■ Activity: Which of the lines in the records below hold the string "lowercase"? Copy every one of them.

== Information given

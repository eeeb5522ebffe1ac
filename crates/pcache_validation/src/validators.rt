//! Validators of a response (RFC 9110 section 8.8).

ghost use Rattle.std.specs.Prelude.{◌≡◌};
ghost use Rattle.pcache_meta.specs.Header.{shown_fields};
ghost use Rattle.pcache_validation.specs.Validators.{entity_tag, has_validator, is_strong, last_modified, validator_of};

use crate::entity_tag::EntityTag;
use crate::fields::{date_of, only};
use crate::lists::trim_ows;
use http_header::{ETAG, HeaderMap, LAST_MODIFIED};

/// Of which kind the validators of a response are.
#[derive(Clone, Copy, Debug, PartialEq, Eq)]
pub enum Validator {
    /// An entity tag that is not marked as weak.
    Strong,
    /// A weak entity tag, or a modification date.
    Weak,
    /// It has none.
    Absent,
}

/// The entity tag of a response. Several lines of ETag, or one that spells none, count as none.
#[tactic(auto, unfolding(crate::specs::Validators::entity_tag))]
pub fn entity_tag(fields: &HeaderMap) -> Option<EntityTag<'_>>
    ensures { result ≡ entity_tag (shown_fields fields.now) }
{
    EntityTag::read(trim_ows(only(fields, &ETAG)?.as_bytes()))
}

/// The second at which a response was last modified, as its Last-Modified says.
#[tactic(auto, unfolding(crate::specs::Validators::last_modified))]
pub fn last_modified(fields: &HeaderMap) -> Option<u64>
    ensures { result ≡ last_modified (shown_fields fields.now) }
{
    date_of(fields, &LAST_MODIFIED)
}

/// Whether a response has a validator.
pub fn has_validator(fields: &HeaderMap) -> bool
    ensures { result ≡ has_validator (shown_fields fields.now) }
{
    entity_tag(fields).is_some() || last_modified(fields).is_some()
}

/// Of which kind the validators of a response are.
pub fn validator_of(fields: &HeaderMap) -> Validator
    ensures { result ≡ validator_of (shown_fields fields.now) }
{
    if is_strong(fields) {
        Validator::Strong
    } else if has_validator(fields) {
        Validator::Weak
    } else {
        Validator::Absent
    }
}

fn is_strong(fields: &HeaderMap) -> bool
    ensures { result ≡ is_strong (shown_fields fields.now) }
{
    match entity_tag(fields) {
        Some(tag) => !tag.is_weak(),
        None => false,
    }
}
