#![tactic(auto)]
//! Validation and invalidation (RFC 9111 sections 3.2, 4.3 and 4.4), as decisions over heads, moments and metas. Nothing
//! here depends on a store, and no decision allocates unless its doc comment says so.
//!
//! - `lists`: the elements of a list in a field value; `entity_tag`: entity tags and their comparison; `fields`: the lines
//!   of a field and its date (RFC 9110, 5.5, 5.6 and 8.8.3)
//! - `validators`: the validators of a response (RFC 9110, 8.8)
//! - `conditions`: what a client's own conditions get from a stored response (4.3.2)
//! - `not_modified`: which fields a 304 that is made of a stored response has (RFC 9110, 15.4.5)
//! - `asking`: with which validators to ask again (4.3.1)
//! - `answers`: what the answer to that means (4.3.3)
//! - `freshening`: which stored responses a 304 identifies (4.3.4); of those to which weak validators correspond, the caller
//!   takes the most recent
//! - `updating`: which fields it brings in (3.2)
//! - `heads`: what the answer to a HEAD does (4.3.5)
//! - `unsafe_methods`: what a response to an unsafe method takes away (4.4)
//!
//! Left out, as the sections allow: a union of a client's entity tags with stored ones (4.3.1, 4.3.2), and the deduction that a
//! modification date is a strong validator (RFC 9110, 8.8.2.2).

pub mod answers;
pub mod asking;
pub mod conditions;
pub mod entity_tag;
pub mod fields;
pub mod freshening;
pub mod heads;
pub mod lists;
pub mod not_modified;
pub mod unsafe_methods;
pub mod updating;
pub mod validators;
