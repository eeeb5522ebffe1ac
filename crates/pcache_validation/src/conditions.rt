//! What a client's own conditions get from a stored response (RFC 9111 section 4.3.2; RFC 9110 sections 13.1 and 13.2).

ghost use Rattle.std.specs.Prelude.{◌≡◌, ◌↔◌, IsTrue, codes, option_and_then};
ghost use Rattle.std.specs.List.{list_any};
ghost use Rattle.std.specs.Option.{option_copied, option_map};
ghost use Rattle.http_header.specs.FieldValue.{FieldValue};
ghost use Rattle.http_header.specs.HeaderMap.{get_all};
ghost use Rattle.pcache_meta.specs.Header.{shown_fields};
ghost use Rattle.pcache_validation.specs.EntityTags.{tag_in};
ghost use Rattle.pcache_validation.specs.Fields.{bytes_of, lines, only};
ghost use Rattle.pcache_validation.specs.Lists.{trim_ows};
ghost use Rattle.pcache_validation.specs.Conditions.{condition_is_false, is_earlier_or_equal, is_star, lists_tag, matches_strongly, matches_weakly, modified_at, moment_of, none_match_is_false, range_condition_holds, since_is_false, GetsNotModified, IsEvaluated, SelectsRepresentation, ServesRange};

use crate::entity_tag::EntityTag;
use crate::fields::{date_of, has, only};
use crate::lists::{Elements, trim_ows};
use crate::validators::{entity_tag, last_modified};
use http::{Method, StatusCode};
use http_header::{
    DATE, HeaderMap, HeaderValue, IF_MODIFIED_SINCE, IF_NONE_MATCH, IF_RANGE, LAST_MODIFIED, RANGE,
};
use pcache_base::moment::Moment;
use pcache_meta::header::{RequestHeader, ResponseHeader};
use pcache_meta::meta::CacheMeta;

/// What a request gets of a stored response.
#[derive(Clone, Copy, Debug, PartialEq, Eq)]
pub enum Answered {
    /// A 304 (Not Modified): the client has what is stored.
    NotModified,
    /// The stored response itself.
    Full,
}

// Whether the value, in its one line, is `*`.
fn is_star(value: Option<&HeaderValue>) -> bool
    ensures { result ≡ is_star (bytes_of (option_copied value.entry)) }
{
    match value {
        Some(value) => trim_ows(value.as_bytes()) == b"*".as_slice(),
        None => false,
    }
}

/// Whether a listed entity tag and that of the selected response are there, and match by weak
/// comparison.
pub fn matches_weakly(listed: Option<EntityTag<'_>>, selected: Option<&EntityTag<'_>>) -> bool
    ensures { result ≡ matches_weakly listed.entry (option_copied selected.entry) }
{
    match (listed, selected) {
        (Some(listed), Some(selected)) => listed.weakly_matches(selected),
        _ => false,
    }
}

/// Whether both entity tags are there, and match by strong comparison.
pub fn matches_strongly(a: Option<EntityTag<'_>>, b: Option<&EntityTag<'_>>) -> bool
    ensures { result ≡ matches_strongly a.entry (option_copied b.entry) }
{
    match (a, b) {
        (Some(a), Some(b)) => a.strongly_matches(b),
        _ => false,
    }
}

// Whether a line of If-None-Match lists the entity tag.
fn lists_tag(selected: Option<&EntityTag<'_>>, line: &[u8]) -> bool
    ensures { result ≡ lists_tag (option_copied selected.entry) line.now }
{
    for element in Elements::of(line) {
        // Each element by itself, so that a list matches by those that are entity tags.
        if matches_weakly(EntityTag::read(element), selected) {
            return true;
        }
    }
    false
}

// Whether one of the lines of If-None-Match lists the entity tag.
fn a_line_lists(request: &HeaderMap, selected: Option<&EntityTag<'_>>) -> bool
    ensures { result
        ≡ list_any (lists_tag (option_copied selected.entry))
        (lines (shown_fields request.now) (codes "if-none-match")) }
{
    a_value_lists(request, selected)
}

fn a_value_lists(request: &HeaderMap, selected: Option<&EntityTag<'_>>) -> bool
    ensures { result
        ≡ list_any (λ (line : FieldValue). lists_tag (option_copied selected.entry) line.bytes)
        (get_all request.now (codes "if-none-match")) }
{
    for line in request.get_all(&IF_NONE_MATCH).iter() {
        if lists_tag(selected, line.as_bytes()) {
            return true;
        }
    }
    false
}

/// Whether the condition of If-None-Match is false for a stored response: its value is `*`, or one
/// of the entity tags that it lists matches that of the response by weak comparison (RFC 9110
/// section 13.1.2).
pub fn none_match_is_false(request: &HeaderMap, stored: &HeaderMap) -> bool
    ensures { result ≡ none_match_is_false (shown_fields request.now) (shown_fields stored.now) }
{
    let tag = entity_tag(stored);
    is_star(only(request, &IF_NONE_MATCH)) || a_line_lists(request, tag.as_ref())
}

// A second, as a moment.
fn moment_of(secs: Option<u64>) -> Option<Moment>
    ensures { result ≡ option_map moment_of secs }
{
    match secs {
        Some(secs) => Some(Moment::from_secs(secs)),
        None => None,
    }
}

/// When a stored response was last modified: by its Last-Modified and, without one, by its Date
/// or, without a Date, by the moment at which it was received (RFC 9111 section 4.3.2).
pub fn modified_at(stored: &HeaderMap, received: Moment) -> Option<Moment>
    ensures { result ≡ modified_at (shown_fields stored.now) received }
{
    if has(stored, &LAST_MODIFIED) {
        // One that is no date hides Date: the response says that it was modified, and not when.
        return moment_of(last_modified(stored));
    }
    Some(moment_of(date_of(stored, &DATE)).unwrap_or(received))
}

// Whether the modification date is earlier than or equal to the date of the condition.
fn is_earlier_or_equal(modified: Option<Moment>, since: Option<u64>) -> bool
    ensures { result ≡ is_earlier_or_equal modified since }
{
    match (modified, since) {
        (Some(modified), Some(since)) => modified <= Moment::from_secs(since),
        _ => false,
    }
}

/// Whether the condition of If-Modified-Since is false for a stored response, which was received at
/// this moment: the response was not modified after the date of the field (RFC 9110 section
/// 13.1.3). It is true if the field is no date, or has several lines.
pub fn since_is_false(request: &HeaderMap, stored: &HeaderMap, received: Moment) -> bool
    ensures { result
        ≡ since_is_false (shown_fields request.now) (shown_fields stored.now) received }
{
    is_earlier_or_equal(
        modified_at(stored, received),
        date_of(request, &IF_MODIFIED_SINCE),
    )
}

// If-None-Match decides; without one, If-Modified-Since does.
fn condition_is_false(request: &HeaderMap, stored: &HeaderMap, received: Moment) -> bool
    ensures { result
        ≡ condition_is_false (shown_fields request.now) (shown_fields stored.now) received }
{
    if has(request, &IF_NONE_MATCH) {
        none_match_is_false(request, stored)
    } else {
        since_is_false(request, stored, received)
    }
}

fn selects_representation(method: &Method) -> bool
    ensures { IsTrue result ↔ SelectsRepresentation method.now }
{
    *method == Method::GET || *method == Method::HEAD
}

fn is_evaluated(status: StatusCode) -> bool
    ensures { IsTrue result ↔ IsEvaluated status }
{
    status == StatusCode::OK || status == StatusCode::PARTIAL_CONTENT
}

/// What a client's request gets of a stored response that may be served, by its head and the moment
/// at which it was received: a 304 if the request's condition is false, and else the response.
/// If-None-Match decides; without one, If-Modified-Since does. Other conditions are not a cache's to
/// evaluate.
pub fn answer_from(request: &RequestHeader, stored: &ResponseHeader, received: Moment) -> Answered
    ensures { (result ≡ Answered.NotModified)
        ↔ GetsNotModified request.now.method (shown_fields request.now.headers)
        stored.now.status (shown_fields stored.now.headers) received }
{
    if selects_representation(&request.method)
        && is_evaluated(stored.status)
        && condition_is_false(&request.headers, &stored.headers, received)
    {
        Answered::NotModified
    } else {
        Answered::Full
    }
}

/// The same of a stored response whose meta a store has: the moment at which it was received is that
/// of its last update.
pub fn answer_to(request: &RequestHeader, stored: &CacheMeta) -> Answered
    ensures { (result ≡ Answered.NotModified)
        ↔ GetsNotModified request.now.method (shown_fields request.now.headers)
        stored.now.header.status stored.now.header.fields stored.now.updated }
{
    answer_from(request, stored.response_header(), stored.updated())
}

// Whether the entity tag of an If-Range matches that of a stored response by strong comparison.
fn range_condition_holds(request: &HeaderMap, stored: &HeaderMap) -> bool
    ensures { result ≡ range_condition_holds (shown_fields request.now) (shown_fields stored.now) }
{
    let tag = entity_tag(stored);
    // By its tag alone: a date is a strong validator only by what is known of the origin's clock
    // (RFC 9110 section 8.8.2.2).
    matches_strongly(condition_tag(request), tag.as_ref())
}

// The entity tag of an If-Range.
fn condition_tag(request: &HeaderMap) -> Option<EntityTag<'_>>
    ensures { result
        ≡ option_and_then (λ value. tag_in (trim_ows value))
        (only (shown_fields request.now) (codes "if-range")) }
{
    EntityTag::read(trim_ows(only(request, &IF_RANGE)?.as_bytes()))
}

/// Whether the range that a request asks for may be served of a stored response with these fields, if
/// it can be: the request is a GET with a Range, and it has no If-Range or one whose entity tag
/// matches by strong comparison. Else the whole response is served. A date in If-Range never counts
/// as a match.
pub fn range_from(request: &RequestHeader, stored: &HeaderMap) -> bool
    ensures { IsTrue result
        ↔ ServesRange request.now.method (shown_fields request.now.headers)
        (shown_fields stored.now) }
{
    request.method == Method::GET
        && has(&request.headers, &RANGE)
        && (!has(&request.headers, &IF_RANGE) || range_condition_holds(&request.headers, stored))
}

/// The same of a stored response whose meta a store has.
pub fn serves_range(request: &RequestHeader, stored: &CacheMeta) -> bool
    ensures { IsTrue result
        ↔ ServesRange request.now.method (shown_fields request.now.headers)
        stored.now.header.fields }
{
    range_from(request, stored.headers())
}
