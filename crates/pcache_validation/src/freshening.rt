//! Which stored responses a 304 identifies for update (RFC 9111 section 4.3.4).

ghost use Rattle.std.specs.Prelude.{◌≡◌};
ghost use Rattle.pcache_meta.specs.Header.{shown_fields};
ghost use Rattle.pcache_validation.specs.Freshening.{are_both_without, corresponds, has_same_strong, identifies, same_second};

use crate::conditions::{matches_strongly, matches_weakly};
use crate::validators::{Validator, entity_tag, has_validator, last_modified, validator_of};
use http_header::HeaderMap;

// Whether both have the same strong validator.
fn has_same_strong(new: &HeaderMap, stored: &HeaderMap) -> bool
    ensures { result ≡ has_same_strong (shown_fields new.now) (shown_fields stored.now) }
{
    let tag = entity_tag(stored);
    matches_strongly(entity_tag(new), tag.as_ref())
}

// Whether both seconds are there, and are the same.
fn same_second(a: Option<u64>, b: Option<u64>) -> bool
    ensures { result ≡ same_second a b }
{
    match (a, b) {
        (Some(a), Some(b)) => a == b,
        _ => false,
    }
}

// Whether the weak validators of the new response correspond to a stored one.
fn corresponds(new: &HeaderMap, stored: &HeaderMap) -> bool
    ensures { result ≡ corresponds (shown_fields new.now) (shown_fields stored.now) }
{
    let tag = entity_tag(new);
    // A tag decides, and not the date beside it: RFC 9110, section 13.1.3, calls it the more
    // accurate one, and RFC 9111 leaves open what several weak validators must agree on.
    if tag.is_none() {
        return same_second(last_modified(new), last_modified(stored));
    }
    let selected = entity_tag(stored);
    matches_weakly(tag, selected.as_ref())
}

/// Whether a 304 identifies a stored response for update. `alone` says that it is the only one
/// that could have been chosen for the request. With a strong validator each stored response that
/// has the same is identified; with weak ones alone those to which they correspond, of which the
/// most recent is to be updated; without one the stored response must be alone, and without one
/// too.
pub fn identifies(new: &HeaderMap, stored: &HeaderMap, alone: bool) -> bool
    ensures { result ≡ identifies (shown_fields new.now) (shown_fields stored.now) alone }
{
    match validator_of(new) {
        Validator::Strong => has_same_strong(new, stored),
        Validator::Weak => corresponds(new, stored),
        Validator::Absent => alone && !has_validator(stored),
    }
}
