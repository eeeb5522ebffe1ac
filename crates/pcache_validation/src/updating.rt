//! Which fields of a newer response a stored one takes (RFC 9111 section 3.2).

ghost use Rattle.std.specs.Prelude.{◌≡◌, ◌⊎◌, ◌+◌, ◌<◌, ◌++◌, IfOk, IfErr, OnOk, codes, length};
ghost use Rattle.http_header.specs.HeaderMap.{append, get_all, remove};
ghost use Rattle.http_header.specs.Token.{lowercase};
ghost use Rattle.pcache_base.specs.declared.error.ErrorType.TheVariants.{InternalError, OutOfMemory};
ghost use Rattle.pcache_validation.specs.Lists.{elements};
ghost use Rattle.pcache_validation.specs.Updating.{of_the_body, of_the_connection, of_the_message, of_the_proxy, without_lines, without_names, with_lines, AreSameBut, IsBroughtIn, IsUpdated, Takes};

use crate::lists::Elements;
use http_header::{CONNECTION, HeaderMap, HeaderMapError, HeaderName, HeaderValue};
use pcache_base::error::{Error, ErrorType, Result};
use std::alloc::AllocError;

/// How a body is stored.
#[derive(Clone, Copy, Debug, PartialEq, Eq)]
pub enum StoredBody {
    /// As it was received.
    AsReceived,
    /// After processing, as decoding, so that Content-Encoding and Content-Type of a newer response
    /// need not fit it.
    Processed,
}

// Removes a field.
fn take_out(headers: &mut HeaderMap, name: &str)
    ensures { headers.new ≡ remove headers.old (lowercase name.now) }
{
    let _removed = headers.remove(name);
}

// Removes the fields that a line of Connection names.
fn take_out_elements(headers: &mut HeaderMap, line: &[u8])
    ensures { headers.new ≡ without_names headers.old (elements line.now) }
{
    'elements: for element in Elements::of(line) {
        let _removed = headers.remove(element);
    }
}

// Removes the fields that the lines of Connection of a head name.
fn take_out_named(headers: &mut HeaderMap, new: &HeaderMap)
    ensures { headers.new ≡ without_lines headers.old (get_all new.now (codes "connection")) }
{
    'lines: for line in new.get_all(&CONNECTION).iter() {
        take_out_elements(headers, line.as_bytes());
    }
}

// Removes the fields of the connection.
fn take_out_of_connection(headers: &mut HeaderMap)
    ensures { headers.new ≡ without_names headers.old of_the_connection }
{
    take_out(headers, "connection");
    take_out(headers, "proxy-connection");
    take_out(headers, "keep-alive");
    take_out(headers, "te");
    take_out(headers, "transfer-encoding");
    take_out(headers, "upgrade");
}

// Removes the fields of the proxy that the cache uses.
fn take_out_of_proxy(headers: &mut HeaderMap)
    ensures { headers.new ≡ without_names headers.old of_the_proxy }
{
    take_out(headers, "proxy-authenticate");
    take_out(headers, "proxy-authentication-info");
    take_out(headers, "proxy-authorization");
}

// Removes the fields of the message.
fn take_out_of_message(headers: &mut HeaderMap)
    ensures { headers.new ≡ without_names headers.old of_the_message }
{
    take_out(headers, "content-length");
    // Content-Range may be left out (RFC 9111 section 3.2).
    take_out(headers, "content-range");
}

// Removes the fields on which a body that was processed depends.
fn take_out_of_body(headers: &mut HeaderMap, body: StoredBody)
    ensures { headers.new ≡ without_names headers.old (of_the_body body) }
{
    match body {
        StoredBody::AsReceived => {}
        // Only the caller knows that the body is no longer as these fields say.
        StoredBody::Processed => {
            take_out(headers, "content-encoding");
            take_out(headers, "content-type");
        }
    }
}

fn refusal(error: HeaderMapError) -> Error
    ensures { (result ≡ OutOfMemory) ⊎ (result ≡ InternalError) }
{
    match error {
        HeaderMapError::MaxSizeReached => Error::new(ErrorType::InternalError),
        HeaderMapError::OutOfMemory => Error::new(ErrorType::OutOfMemory),
    }
}

// Adds a line of a field.
fn append(headers: &mut HeaderMap, name: HeaderName, value: HeaderValue) -> Result<()>
    ensures ok { OnOk result (headers.new ≡ append headers.old name value) }
    ensures kind { IfErr result (λ e. (e ≡ OutOfMemory) ⊎ (e ≡ InternalError)) }
{
    match headers.append(name, value) {
        Ok(_) => Ok(()),
        Err(error) => Err(refusal(error)),
    }
}

// Adds the lines of a field of another head.
fn append_lines(updated: &mut HeaderMap, name: &HeaderName, brought: &HeaderMap) -> Result<()>
    ensures ok { OnOk result
        (updated.new ≡ with_lines updated.old name.now (get_all brought.now name.now)) }
    ensures kind { IfErr result (λ e. (e ≡ OutOfMemory) ⊎ (e ≡ InternalError)) }
{
    'lines: for value in brought.get_all(name).iter() {
        append(updated, name.clone()?, value.clone()?)?;
    }
    Ok(())
}

// Puts the lines of a field of another head in place of those that are present.
fn replace(updated: &mut HeaderMap, name: &HeaderName, brought: &HeaderMap) -> Result<()>
    ensures same { OnOk result (get_all updated.new name.now ≡ get_all brought.now name.now) }
    ensures others { OnOk result (AreSameBut name.now updated.old updated.new) }
    ensures kind { IfErr result (λ e. (e ≡ OutOfMemory) ⊎ (e ≡ InternalError)) }
{
    // For the prover: it is a valid map of fields (`IsHeaderMap`).
    let _names = updated.keys_len();
    let _removed = updated.remove(name);
    append_lines(updated, name, brought)
}

// Puts each field of another head in place of what is present.
fn replace_all(updated: &mut HeaderMap, brought: &HeaderMap) -> Result<()>
    ensures ok { OnOk result (Takes brought.now updated.old updated.new) }
    ensures kind { IfErr result (λ e. (e ≡ OutOfMemory) ⊎ (e ≡ InternalError)) }
{
    // For the prover: it is a valid map of fields (`IsHeaderMap`).
    let _names = brought.keys_len();
    'names: for name in brought.keys() {
        replace(updated, name, brought)?;
    }
    Ok(())
}

// A copy of fields.
fn copied(headers: &HeaderMap) -> Result<HeaderMap, AllocError>
    ensures ok { IfOk result (λ copy. copy ≡ headers.now) }
{
    headers.clone()
}

// A copy of the fields of a newer response, without those that are left out.
fn brought_in(new: &HeaderMap, body: StoredBody) -> Result<HeaderMap, AllocError>
    ensures ok { IfOk result (IsBroughtIn body new.now) }
{
    // For the prover: it is a valid map of fields (`IsHeaderMap`).
    let _names = new.keys_len();
    let mut brought = copied(new)?;
    take_out_named(&mut brought, new);
    take_out_of_connection(&mut brought);
    take_out_of_proxy(&mut brought);
    take_out_of_message(&mut brought);
    take_out_of_body(&mut brought, body);
    Ok(brought)
}

// A copy of the fields of a stored response, with each field of another head in place of what is
// present.
fn with_fields(stored: &HeaderMap, brought: &HeaderMap) -> Result<HeaderMap>
    ensures ok { IfOk result (Takes brought.now stored.now) }
    ensures kind { IfErr result (λ e. (e ≡ OutOfMemory) ⊎ (e ≡ InternalError)) }
{
    let mut updated = copied(stored)?;
    replace_all(&mut updated, brought)?;
    Ok(updated)
}

// The most names that a head has room for.
const MOST_NAMES: usize = 24576;

// Why the fields of a newer response were not put in: there are too many only if both heads have
// more names than one has room for, and else it was for lack of memory.
fn refused(error: Error, stored: &HeaderMap, new: &HeaderMap) -> Error
    requires { (error ≡ OutOfMemory) ⊎ (error ≡ InternalError) }
    ensures { (result ≡ OutOfMemory)
        ⊎ ((result ≡ InternalError) × (24576 < length stored.now + length new.now)) }
{
    if stored.keys_len() + new.keys_len() > MOST_NAMES {
        error
    } else {
        Error::new(ErrorType::OutOfMemory)
    }
}

/// The fields of a stored response, updated with those of a newer one: each that is not left out
/// replaces what is stored under its name, and all others stay. Left out are the fields of the
/// connection, also those that its Connection names, those of the proxy, Content-Length and
/// Content-Range, and, if the stored body was processed, Content-Encoding and Content-Type. The
/// newer fields are handed in as they would be stored (section 3.1): without those that its `private`
/// and `no-cache` name, which a cache's directives tell.
///
/// Allocates the map. Fails with `OutOfMemory`, or with `InternalError` if both have more names
/// together than the 24,576 that a map has room for.
pub fn updated(stored: &HeaderMap, new: &HeaderMap, body: StoredBody) -> Result<HeaderMap>
    ensures ok { IfOk result (IsUpdated body new.now stored.now) }
    ensures kind { IfErr result (λ e. (e ≡ OutOfMemory)
        ⊎ ((e ≡ InternalError) × (24576 < length stored.now + length new.now))) }
{
    let brought = brought_in(new, body)?;
    match with_fields(stored, &brought) {
        Ok(updated) => Ok(updated),
        Err(error) => Err(refused(error, stored, new)),
    }
}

====

■ Solved problem:
ghost use Rattle.http_header.specs.Token.{lowercase};
    ensures { headers.new ≡ remove headers.old (lowercase name.now) }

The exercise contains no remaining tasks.